第一章

変わる日常は素敵な出会いなのか?

 万華鏡に同じ景色は二度と来ない。それはきっと人生もそうだろう。だから人は思い出として残し続けるのだ――。


 高校二年生の秋、受験生になる前の学校の修学旅行。住んでる場所や学校によって当たり外れがあって、学生は一喜一憂する。僕達の行き先は定番すぎる京都だった。京都に関しては中学生の時に行ったので、なんの興奮も起きなかったけれど、同じ中学、高校に通って過ごしてるはずの幼なじみの萩原大雅はぎわらたいがは、まるで初めて行くかのような顔でパンフレットを見つめている。

「なぁ。自由行動どこ行くよ?」と目を漫画のように輝かせてこちらを見てきた。

「まぁ、無難に店が並んでる所で食べ歩きとか、観光名所を見たりがいいんじゃない」と携帯をいじりながら話すのは幼なじみ二人目の高野椿こうのつばきだ。

 僕達三人は家族ぐるみの幼なじみで、学校はもちろん家族旅行なんかも一緒に行動することもある。


 グループに一つのパンフレットを三人で見つめる。

「この昔ながらの街並みが楽しめるって言うお店通りなんかいいじゃないか」

「昔ながらって言ったら最近の食べ物なんか売ってるか?」

「いや、昔ながらの食べ物を食べるからいいんだろ」そう言って提出書類に記入していく椿とパンフレットを置いて携帯で京都の旅のおすすめスポットを探す大雅。僕はなんとなく中学の時のとは違う京都を楽しめるそんな気がしていた。だから僕は柄にもなく楽しみになっていた。

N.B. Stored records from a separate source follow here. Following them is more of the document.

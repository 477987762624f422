//! Questions to a CPU from C, and another moment for a cyclic.

ghost use Rattle.std.specs.Prelude.{◌≡◌};
ghost use Rattle.cyc_border.specs.Border.{AsksPending, CallsTotals, CallsReprogram, CallsBeginRemove};

use crate::numbers::Denied;
use cyc_cpu::{Hard, Removal, Totals};
use cyc_types::{CyclicId, Moment, Raise, Refusal};

/// Gives the cyclic another next expiration.
pub fn reprogram<R: Raise>(cpu: &mut Hard<R>, id: u64, moment: i64) -> Result<(), Denied>
    ensures { CallsReprogram R.Raise id moment result cpu.old cpu.new }
{
    let moment = Moment::new(moment)?;
    let Some(id) = CyclicId::new(id) else {
        return Err(Denied::Refused(Refusal::NoCyclic));
    };
    cpu.reprogram(id, moment)?;
    Ok(())
}

/// The calls of the cyclic that are outstanding.
pub fn pending_of<R: Raise>(cpu: &mut Hard<R>, id: u64) -> Result<u32, Denied>
    ensures { AsksPending R.Raise id result cpu.old cpu.new }
{
    let Some(id) = CyclicId::new(id) else {
        return Err(Denied::Refused(Refusal::NoCyclic));
    };
    match cpu.pending(id) {
        Some(pending) => Ok(pending),
        None => Err(Denied::Refused(Refusal::NoCyclic)),
    }
}

/// The counts of the cyclic.
pub fn totals_at<R: Raise>(cpu: &mut Hard<R>, id: u64) -> Result<Totals, Denied>
    ensures { CallsTotals R.Raise id result cpu.old cpu.new }
{
    let Some(id) = CyclicId::new(id) else {
        return Err(Denied::Refused(Refusal::NoCyclic));
    };
    match cpu.totals(id) {
        Some(totals) => Ok(totals),
        None => Err(Denied::Refused(Refusal::NoCyclic)),
    }
}

/// Begins the removal of the cyclic.
pub fn begin_remove<R: Raise>(cpu: &mut Hard<R>, id: u64) -> Result<Removal, Denied>
    ensures { CallsBeginRemove R.Raise id result cpu.old cpu.new }
{
    let Some(id) = CyclicId::new(id) else {
        return Err(Denied::Refused(Refusal::NoCyclic));
    };
    Ok(cpu.begin_remove(id)?)
}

 修学旅行初日はあっさり来て、姉や母に大量に頼まれたお土産リストの紙を持って、家を出た。椿と大雅と合流し、集合場所に向かった。

「京都で恋人出来たりしないかなぁ……。彼女と来年は二人で来ような! とか言っちゃったりして」とニヤつきながら言う大雅を

「無理だな」

「無謀だな」と椿と吐き捨てる。大雅はこれだからと呟きながら歩く。新幹線に乗ってからはしおり通りに進んで、歴史に関係する建物を回って、ホテルに行って夕食を食べて、就寝時間になったらねる。そして初日は何事もなく終わっていった。二日目は一日自由行動という事だったので、初めは観光名所の定番の場所を回って、古いお店が並ぶ通りに来た。通りを歩いていると、一本奥に小さな雑貨屋があるのを見つける。看板も出てないしお客さんがいる気配もしなかった。僕は吸い寄せられるようにお店に入った。店内に入るとヒノキの香りが僕の体を包んだ。とても温かくて少し寂しかった。店内を見渡すと小物や文房具がたくさん並んでいた。僕はたくさん並んでいる商品ではなく、棚の上にポツンと立っていた万華鏡に手をのばそうとした。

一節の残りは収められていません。